Junge Erwachsene verbrachten einen Nachmittag miteinander, unterwegs im Stadtviertel, ohne Voraussetzungen aber mit Titel. „Loslassen“ und „Neuanfang“ waren die Themen, auf die sich jede und jeder einlassen konnte. Gefunden hatte sich die Gruppe über persönliche Kontakte und Weitersagen. Eine eigene Webseite hat „Licht & Beton“ noch nicht.

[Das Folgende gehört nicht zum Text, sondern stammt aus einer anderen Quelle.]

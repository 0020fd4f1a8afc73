//! A law of reading: the bound of its turns decides nothing.
ghost use Rattle.std.specs.Prelude.{◌≡◌, ◌≤◌, ℕ, List, length};
ghost use Rattle.s7_base.specs.declared.blocks.CodeKind.{CodeKind};
ghost use Rattle.stl_lex.specs.declared.token.Token.{Token};
ghost use Rattle.stl_decl.specs.Layout.{Section};
ghost use Rattle.stl_reader.specs.Reading.{parts_in, parts_at};

/// The bound of the turns decides nothing. A body is read in at most as many turns as there are tokens; with any more
/// turns the same body is read, or the same fault is found.
pub fn more_turns_read_the_same()
    ensures { (turns : ℕ) (text : List ℕ) (kind : CodeKind) (temps : Section) (tokens : List Token) → length tokens ≤ turns → parts_in turns text kind temps tokens ≡ parts_at text kind temps tokens }
{}
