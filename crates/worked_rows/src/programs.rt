//! Plays small programs, and says of each whether its trace ends with the lines that were worked out by hand.
//!
//! The file `programs` lists the files that hold them. In these `program NAME` begins a program, `script LINE` is a line of its
//! script, `letters PATTERN` has it played on both sides by this pattern, and `trace LINE / LINE` gives the last lines of its trace and
//! ends it. Each other line is one of its source, and `#` begins a comment. A program without a script is played for three entries,
//! which are a cycle; one without letters on side A alone.
ghost use Rattle.std.specs.Prelude.{◌≡◌, length, IfOk};

use crate::playing::{new_side, words_of};
use anyhow::Context;
use pair_io::{MemFiles, MemSink, RealSink, Sink};
use pair_top::{Fault, report, serve_alone};
use std::alloc::Global;
use std::{fs, io, rt};

/// How many bytes the trace of a program may have.
const TRACE_CAPACITY: u32 = 65_536;

/// The script of a program that gives none.
const ONE_CYCLE: &[u8] = b"END 3\n";

/// A program, as far as its lines were read.
#[derive(Drop)]
struct Program<'a> {
    name: &'a str,
    source: Vec<u8>,
    script: Vec<u8>,
    letters: Option<&'a str>,
}

/// Adds a line to a text.
fn push_line(text: &mut Vec<u8>, line: &str) -> anyhow::Result<()> {
    text.extend_from_slice(line.as_bytes())?;
    text.push(b'\n')?;
    Ok(())
}

impl<'a> Program<'a> {
    fn new(alloc: Global, name: &'a str) -> Program<'a> {
        Program {
            name,
            source: Vec::new(alloc),
            script: Vec::new(alloc),
            letters: None,
        }
    }

    /// Takes the letters, or adds a line of the script or of the source.
    fn take_line(&mut self, line: &'a str) -> anyhow::Result<()> {
        if let Some(letters) = line.strip_prefix("letters ") {
            self.letters = Some(letters);
            return Ok(());
        }
        match line.strip_prefix("script ") {
            Some(line) => push_line(&mut self.script, line),
            None => push_line(&mut self.source, line),
        }
    }
}

fn two(alloc: Global, first: &[u8], second: &[u8]) -> anyhow::Result<Vec<Vec<u8>>>
    ensures { IfOk result (λ all. length all.items ≡ 2) }
{
    Ok(vec![in alloc; first.to_vec(alloc)?, second.to_vec(alloc)?]?)
}

/// The words of the command that plays a program.
fn command_of(alloc: Global, program: &Program<'_>) -> anyhow::Result<Vec<Vec<u8>>> {
    match program.letters {
        Some(letters) => {
            let words = format!(in alloc; "turns\nsource\nscript\n{letters}")?;
            words_of(alloc, &words)
        }
        None => words_of(alloc, "solo\nsource\nscript"),
    }
}

/// Plays a program over files in memory.
fn play_program(
    alloc: Global,
    program: &Program<'_>,
    sink: &mut MemSink,
) -> anyhow::Result<Option<Fault>> {
    let script = if program.script.is_empty() {
        ONE_CYCLE
    } else {
        program.script.as_slice()
    };
    let names = two(alloc, b"source", b"script")?;
    let contents = two(alloc, program.source.as_slice(), script)?;
    let mut files = MemFiles::new(alloc, names, contents, Vec::new(alloc))
        .ok()
        .context("no memory")?;
    let words = command_of(alloc, program)?;
    let mut a = new_side(alloc)?;
    let mut b = new_side(alloc)?;
    let outcome = serve_alone(alloc, &words, &mut files, sink, &mut a, &mut b);
    Ok(outcome.fault)
}

/// The lines that a trace has to end with, after the end of the line before them.
fn lines_of(alloc: Global, trace: &str) -> anyhow::Result<Vec<u8>> {
    let mut lines = Vec::new(alloc);
    lines.push(b'\n')?;
    for line in trace.split(" / ") {
        push_line(&mut lines, line)?;
    }
    Ok(lines)
}

/// Plays a program and compares the end of its trace; where it is another, shows the text and the line of a fault.
fn show_program<R: Print + Alloc<A = Global>>(
    rt: &R,
    program: &Program<'_>,
    trace: &str,
) -> anyhow::Result<()> {
    let alloc = rt.alloc();
    let mut sink = MemSink::new(alloc, TRACE_CAPACITY, Vec::new(alloc))
        .ok()
        .context("no memory")?;
    let fault = play_program(alloc, program, &mut sink)?;
    let lines = lines_of(alloc, trace)?;
    let name = program.name;
    if sink.written().ends_with(lines.as_slice()) {
        println!(rt; "== program {name}: as written")?;
        return Ok(());
    }
    println!(rt; "== program {name}: another text")?;
    let mut output = RealSink::new(io::writer(rt));
    output.write(sink.written()).ok().context("no output")?;
    report(&mut output, fault);
    Ok(())
}

/// Shows the programs of a file.
fn show_programs_of<R: rt::Files + Print + Alloc<A = Global>>(
    rt: &R,
    file: &str,
) -> anyhow::Result<()> {
    let text = fs::read_to_string(rt, file)?;
    let mut program = Program::new(rt.alloc(), "");
    for line in text.as_str().lines() {
        if let Some(name) = line.strip_prefix("program ") {
            program = Program::new(rt.alloc(), name);
        } else if let Some(trace) = line.strip_prefix("trace ") {
            show_program(rt, &program, trace)?;
        } else if !line.starts_with('#') {
            program.take_line(line)?;
        }
    }
    Ok(())
}

/// Shows the programs of all files that are listed.
pub fn show_programs<R: rt::Files + Print + Alloc<A = Global>>(rt: &R) -> anyhow::Result<()> {
    let files = fs::read_to_string(rt, "programs")?;
    for file in files.as_str().lines() {
        show_programs_of(rt, file)?;
    }
    Ok(())
}
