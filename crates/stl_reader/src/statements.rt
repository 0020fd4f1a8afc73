//! Statements: a mnemonic, its operand, and `;`.
ghost use Rattle.std.specs.Prelude.{◌≡◌, ◌≤◌, length, slice_get};
ghost use Rattle.std.specs.List.{find};
ghost use Rattle.stl_decl.specs.Steps.{Gives, GivesOr, seen};
ghost use Rattle.stl_reader.specs.Letters.{passes};
ghost use Rattle.stl_reader.specs.Searches.{row_allows};
ghost use Rattle.stl_reader.specs.Statements.{is_number_next, is_bit_next, is_point_next, begins_word, begins_sign, begins_operand, fixed_operand, kind_operand, operand_at, wants_operand, argument_at, stored, operation_of, operation_at, first_of, closing_at, target_of, statement_at, parted};

use crate::addresses::{CALL, NO_NAME, Operand, refused};
use crate::constants::{
    is_figure_next, is_plus_or_minus, is_real, is_zero_next, sign_operand, single_operand,
    unsigned_operand,
};
use crate::forms::{may_be_alone, takes_operand};
use crate::letters::{numbers_like, row_at};
use crate::locals::local_operand;
use crate::mnemonics::mnemonic_at;
use crate::operands::{area_operand, data_number};
use crate::words::{operand_word, status_sign};
use instruction_set::{InstructionRow, OperandArea, instruction_set};
use s7_base::Statement;
use std::alloc::Global;
use stl_decl::{
    Fault, FaultKind, Layout, StepError, end_fault, fault_at, is_sign, next, semicolon_at, spelling,
};
use stl_lex::{Token, TokenKind, spells};

/// No operand.
const NO_OPERAND: Operand = Operand {
    area: OperandArea::Nothing,
    bit: 0,
    db: 0,
    value: 0,
    name: NO_NAME,
};

/// Whether a number comes next.
fn is_number_next(tokens: &[Token]) -> bool
    ensures { result ≡ is_number_next tokens.now }
{
    match next(tokens) {
        Some((first, _)) => matches!(first.kind, TokenKind::Number),
        None => false,
    }
}

/// Whether a number and a point come next.
fn is_bit_next(text: &[u8], tokens: &[Token]) -> bool
    ensures { result ≡ is_bit_next text.now tokens.now }
{
    match next(tokens) {
        Some((first, rest)) => {
            matches!(first.kind, TokenKind::Number) && is_point_next(text, rest)
        }
        None => false,
    }
}

fn is_point_next(text: &[u8], tokens: &[Token]) -> bool
    ensures { result ≡ is_point_next text.now tokens.now }
{
    match next(tokens) {
        Some((first, _)) => is_sign(text, first, b"."),
        None => false,
    }
}

#[tactic(auto, unfolding(crate::specs::Statements::begins_word))]
/// Whether the word begins an operand, with these tokens behind it. T, C and L are mnemonics or labels too.
fn begins_word(text: &[u8], word: &[u8], rest: &[Token]) -> bool
    ensures { result ≡ begins_word text.now word.now rest.now }
{
    if spells(b"T", word) || spells(b"C", word) {
        is_number_next(rest)
    } else if spells(b"L", word) {
        is_bit_next(text, rest)
    } else {
        operand_word(word).is_some() || data_number(word).is_some()
    }
}

#[tactic(auto, unfolding(crate::specs::Statements::begins_sign))]
/// Whether the sign begins an operand, with these tokens behind it.
fn begins_sign(text: &[u8], first: Token, rest: &[Token]) -> bool
    ensures { result ≡ begins_sign text.now first rest.now }
{
    is_sign(text, first, b"\"")
        || (is_plus_or_minus(text, first) && is_figure_next(rest))
        || (status_sign(spelling(text, first)).is_some() && is_zero_next(text, rest))
}

/// Whether an operand comes next.
fn begins_operand(text: &[u8], tokens: &[Token]) -> bool
    ensures { result ≡ begins_operand text.now tokens.now }
{
    let Some((first, rest)) = next(tokens) else {
        return false;
    };
    match first.kind {
        TokenKind::Word => begins_word(text, spelling(text, first), rest),
        TokenKind::Sign => begins_sign(text, first, rest),
        TokenKind::Title | TokenKind::Attribute => false,
        _ => true,
    }
}

/// An operand that is no name of a local.
fn fixed_operand<'a>(
    text: &[u8],
    mnemonic: [u8; 5],
    first: Token,
    rest: &'a [Token],
    tokens: &'a [Token],
) -> Result<(Operand, Token, &'a [Token]), Fault>
    requires { length text.now ≤ 1048576 }
    ensures { Gives seen result (fixed_operand first.kind text.now mnemonic first rest.now tokens.now) }
{
    match first.kind {
        TokenKind::Word => area_operand(text, mnemonic, first, rest),
        TokenKind::Number => unsigned_operand(text, mnemonic, first, tokens),
        TokenKind::Literal | TokenKind::Characters => single_operand(text, mnemonic, first, rest),
        TokenKind::Sign => sign_operand(text, mnemonic, first, rest, tokens),
        _ => Err(refused(text, mnemonic, first)),
    }
}

/// An operand that is no real constant.
fn kind_operand<'a>(
    alloc: Global,
    text: &[u8],
    temps: &Layout,
    mnemonic: [u8; 5],
    first: Token,
    rest: &'a [Token],
    tokens: &'a [Token],
) -> Result<(Operand, Token, &'a [Token]), StepError>
    requires { length text.now ≤ 1048576 }
    ensures { GivesOr seen result (kind_operand first.kind text.now temps.now mnemonic first rest.now tokens.now) }
{
    match first.kind {
        TokenKind::Local => local_operand(alloc, text, temps, mnemonic, first, rest),
        _ => {
            let found = fixed_operand(text, mnemonic, first, rest, tokens)?;
            Ok(found)
        }
    }
}

#[tactic(auto, unfolding(crate::specs::Statements::operand_at))]
/// The operand of the mnemonic.
fn operand_at<'a>(
    alloc: Global,
    text: &[u8],
    temps: &Layout,
    mnemonic: [u8; 5],
    tokens: &'a [Token],
) -> Result<(Operand, Token, &'a [Token]), StepError>
    requires { length text.now ≤ 1048576 }
    ensures { GivesOr seen result (operand_at text.now temps.now mnemonic tokens.now) }
{
    let Some((first, rest)) = next(tokens) else {
        return Err(StepError::Fault(end_fault(text)));
    };
    if is_real(text, tokens) {
        return Err(StepError::Fault(fault_at(FaultKind::RealInstruction, first)));
    }
    kind_operand(alloc, text, temps, mnemonic, first, rest, tokens)
}

/// Whether an operand is to be read: one that may be left out only where one comes next.
fn wants_operand(text: &[u8], mnemonic: [u8; 5], tokens: &[Token]) -> bool
    ensures { result ≡ wants_operand text.now mnemonic tokens.now }
{
    takes_operand(mnemonic) && (!may_be_alone(mnemonic) || begins_operand(text, tokens))
}

/// [ operand ] behind the mnemonic, whose last token is `last`.
#[tactic(auto, unfolding(crate::specs::Statements::argument_at))]
fn argument_at<'a>(
    alloc: Global,
    text: &[u8],
    temps: &Layout,
    mnemonic: [u8; 5],
    last: Token,
    tokens: &'a [Token],
) -> Result<(Operand, Token, &'a [Token]), StepError>
    requires { length text.now ≤ 1048576 }
    ensures { GivesOr seen result (argument_at text.now temps.now mnemonic last tokens.now) }
{
    if wants_operand(text, mnemonic, tokens) {
        operand_at(alloc, text, temps, mnemonic, tokens)
    } else {
        Ok((NO_OPERAND, last, tokens))
    }
}

/// The statement as it is stored.
fn stored(op: u16, operand: Operand) -> Statement
    ensures { result ≡ stored op operand }
{
    Statement {
        op,
        area: operand.area.number(),
        bit: operand.bit,
        db: operand.db,
        value: operand.value,
    }
}

/// Whether the row of this number has the mnemonic and allows the operand of the statement.
fn allows_at(
    rows: &[InstructionRow],
    number: u8,
    mnemonic: [u8; 5],
    locals: u32,
    statement: Statement,
) -> bool
    ensures { result ≡ passes (row_allows mnemonic locals statement) (slice_get rows.now number) }
{
    match row_at(rows, number) {
        Some(row) => row.mnemonic == mnemonic && statement.has_operand(row.operand, locals),
        None => false,
    }
}

/// The first of these numbers whose row has the mnemonic and allows the operand of the statement.
fn number_allowing(
    rows: &[InstructionRow],
    numbers: &[u8],
    mnemonic: [u8; 5],
    locals: u32,
    statement: Statement,
) -> Option<u8>
    ensures { result ≡ find (λ n. passes (row_allows mnemonic locals statement) (slice_get rows.now n)) numbers.now }
{
    numbers.iter().copied().find(|number| allows_at(rows, *number, mnemonic, locals, statement))
}

/// The number of the first operation with the mnemonic that allows the operand, in a block with so many bytes of
/// local data.
fn operation_of(mnemonic: [u8; 5], locals: u32, operand: Operand) -> Option<u8>
    ensures { result ≡ operation_of mnemonic locals operand }
{
    let numbers = numbers_like(mnemonic[0]);
    let statement = stored(0, operand);
    number_allowing(instruction_set(), numbers, mnemonic, locals, statement)
}

/// The operation with this operand, whose first token is `first`.
fn operation_at(
    mnemonic: [u8; 5],
    locals: u32,
    operand: Operand,
    first: Token,
) -> Result<u16, Fault>
    ensures { result ≡ operation_at mnemonic locals operand first }
{
    match operation_of(mnemonic, locals, operand) {
        Some(number) => Ok(u16::from(number)),
        None => Err(fault_at(FaultKind::BadOperand, first)),
    }
}

/// The first of the tokens, or the one before them.
fn first_of(last: Token, tokens: &[Token]) -> Token
    ensures { result ≡ first_of last tokens.now }
{
    match next(tokens) {
        Some((first, _)) => first,
        None => last,
    }
}

/// The `;` of a statement, whose last token is `last`.
fn closing_at<'a>(
    text: &[u8],
    mnemonic: [u8; 5],
    last: Token,
    tokens: &'a [Token],
) -> Result<&'a [Token], Fault>
    ensures { Gives (λ rest. rest.now) result (closing_at text.now mnemonic last tokens.now) }
{
    let Some((first, _)) = next(tokens) else {
        return semicolon_at(text, last, tokens);
    };
    if mnemonic == CALL && is_sign(text, first, b"(") {
        Err(fault_at(FaultKind::OutOfScope, first))
    } else {
        semicolon_at(text, last, tokens)
    }
}

/// The label that the statement jumps to, if it is a jump.
fn target_of(statement: Statement, name: [u8; 4]) -> Option<[u8; 4]>
    ensures { result ≡ target_of statement name }
{
    if statement.area == OperandArea::Target.number() {
        Some(name)
    } else {
        None
    }
}

/// mnemonic [ operand ] ";", in a block with so many bytes of local data: the statement, the label that it jumps to,
/// and the rest.
#[tactic(auto, unfolding(crate::specs::Statements::statement_at))]
pub fn statement_at<'a>(
    alloc: Global,
    text: &[u8],
    locals: u32,
    temps: &Layout,
    tokens: &'a [Token],
) -> Result<(Statement, Option<[u8; 4]>, &'a [Token]), StepError>
    requires { length text.now ≤ 1048576 }
    ensures exact { GivesOr parted result (statement_at text.now locals temps.now tokens.now) }
{
    let (mnemonic, last, rest) = mnemonic_at(text, tokens)?;
    let first = first_of(last, rest);
    let (operand, last, rest) = argument_at(alloc, text, temps, mnemonic, last, rest)?;
    let op = operation_at(mnemonic, locals, operand, first)?;
    let rest = closing_at(text, mnemonic, last, rest)?;
    let statement = stored(op, operand);
    Ok((statement, target_of(statement, operand.name), rest))
}
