//! The first letters of words, by which their rows are found in the tables.
ghost use Rattle.std.specs.Prelude.{◌≡◌, slice_get, slice_index};
ghost use Rattle.stl_lex.specs.Bytes.{spells, letters_of};
ghost use Rattle.stl_reader.specs.Letters.{are_alike, numbers_like, read_at};

use instruction_set::InstructionRow;
use stl_lex::{letters_of, spells};

/// The numbers of the rows of the instruction set in groups, by the last five bits of the first letters. In a group
/// they rise.
const NUMBERS: [u8; 128] = [
    // A
    0, 1, 7, 8, 70, 73, // B
    53, 55, 122, 123, 124, 127, // C
    19, 35, 36, 108, 109, 113, 114, 115, 116, 117, 120, 121, // D
    38, 56, // E
    32, // F
    21, 22, 107, 110, // ) and I
    13, 26, 37, 51, 52, 54, 57, // * and J
    42, 46, 84, 85, 86, 87, 88, 89, 90, 91, 92, 93, 94, 95, 96, 97, 98, 99, 100, // +
    39, 40, 44, // L
    27, 29, 33, 101, // - and M
    23, 24, 25, 41, 45, 48, // N
    17, 49, 50, 125, 126, // / and O
    2, 3, 6, 9, 10, 43, 47, 71, 74, 111, 112, // P
    30, 31, // R
    16, 82, 83, // S
    15, 18, 20, 76, 77, 78, 79, 80, 81, 102, 103, 104, 105, 106, // T
    28, 34, // U
    118, 119, // X
    4, 5, 11, 12, 72, 75, // <
    59, 61, 63, 65, 67, 69, // =
    14, 58, 64, // >
    60, 62, 66, 68,
];

/// Where each of the 32 groups begins; the last number is the end of the last group.
const STARTS: [u8; 33] = [
    0, 0, 6, 12, 24, 26, 27, 31, 31, 31, 38, 57, 60, 64, 70, 75, 86, 88, 88, 91, 105, 107, 109,
    109, 109, 115, 115, 115, 115, 121, 124, 128, 128,
];

/// Whether two letters have the same last five bits, as a large letter and its small one.
fn are_alike(a: u8, b: u8) -> bool
    ensures { result ≡ are_alike a b }
{
    a % 32 == b % 32
}

/// The first letter of a word, or 0 where it has none.
pub fn first_letter(word: &[u8]) -> u8
    ensures { result ≡ slice_index word.now 0 }
{
    if 0 < word.len() { word[0] } else { 0 }
}

/// Whether the letters of a row, zero-padded, spell the word, in large or small letters.
#[tactic(auto, using(crate::proofs::FirstLetters::unlike_apart))]
pub fn is_named(padded: &[u8], word: &[u8]) -> bool
    ensures { result ≡ spells (letters_of padded.now) word.now }
{
    if !are_alike(first_letter(padded), first_letter(word)) {
        return false;
    }
    spells(letters_of(padded), word)
}

/// The numbers of the rows of the instruction set whose mnemonic begins with a letter that is like this, in rising
/// order.
pub fn numbers_like(letter: u8) -> &'static [u8]
    ensures { result.now ≡ numbers_like letter }
{
    let group = (letter % 32) as usize;
    let start = STARTS[group] as usize;
    let end = STARTS[group + 1] as usize;
    &NUMBERS[start..end]
}

/// The row of this number.
pub fn row_at(rows: &[InstructionRow], number: u8) -> Option<InstructionRow>
    ensures { result ≡ slice_get rows.now number }
{
    rows.get(usize::from(number)).copied()
}

/// The row of this number, where there is a number.
pub fn read_at(rows: &[InstructionRow], number: Option<u8>) -> Option<InstructionRow>
    ensures { result ≡ read_at rows.now number }
{
    match number {
        Some(number) => row_at(rows, number),
        None => None,
    }
}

Gäste mit konfessionellem und nicht-konfessionellem Hintergrund ließen sich einladen. Den Ausklang bildete ein gemeinsames Abendessen in ungewöhnlicher Kulisse, auf einer Kirchenempore. „Dem Team ist durch Präsenz und Authenzitität ein gutes Setting gelungen“, beschreibt Cyra Gendig. Die Teilnehmenden nannten sowohl eine ästhetische Erfahrungen als auch eine spirituelle, wobei Theologie als diskret – daher besonders einladend – empfunden wurde. Linda Schmols und Emelie Tille waren als Pfarrerinnen ansprechbar, „aber eben nahbar, ohne Amtsrahmen. Die hohe Erlebnisqualität passt zum Wirkziel, einladend Kirche zu sein“, fasst Cyra Gendig zusammen.
Ein Wirkziel ist der Community-Ansatz von „Licht & Beton“, weg von der Pfarrzentrierung. Dazu kann impaekt noch keine finalen Aussagen treffen: „Das Projekt ist erst gestartet, die Zielrichtung aber eindeutig: Dass die Teilnehmenden künftig aktiv einbezogen werden und Angebote mitgestalten. Das ist als Perspektive klar, hat bei den ersten Veranstaltungen aber noch keine Rolle gespielt. Hier hat das Team den Ablauf gerahmt, wenngleich locker.“ Wirkziele sind nicht in Stein gemeißelt, sie können je nach Datenlagen angepasst werden.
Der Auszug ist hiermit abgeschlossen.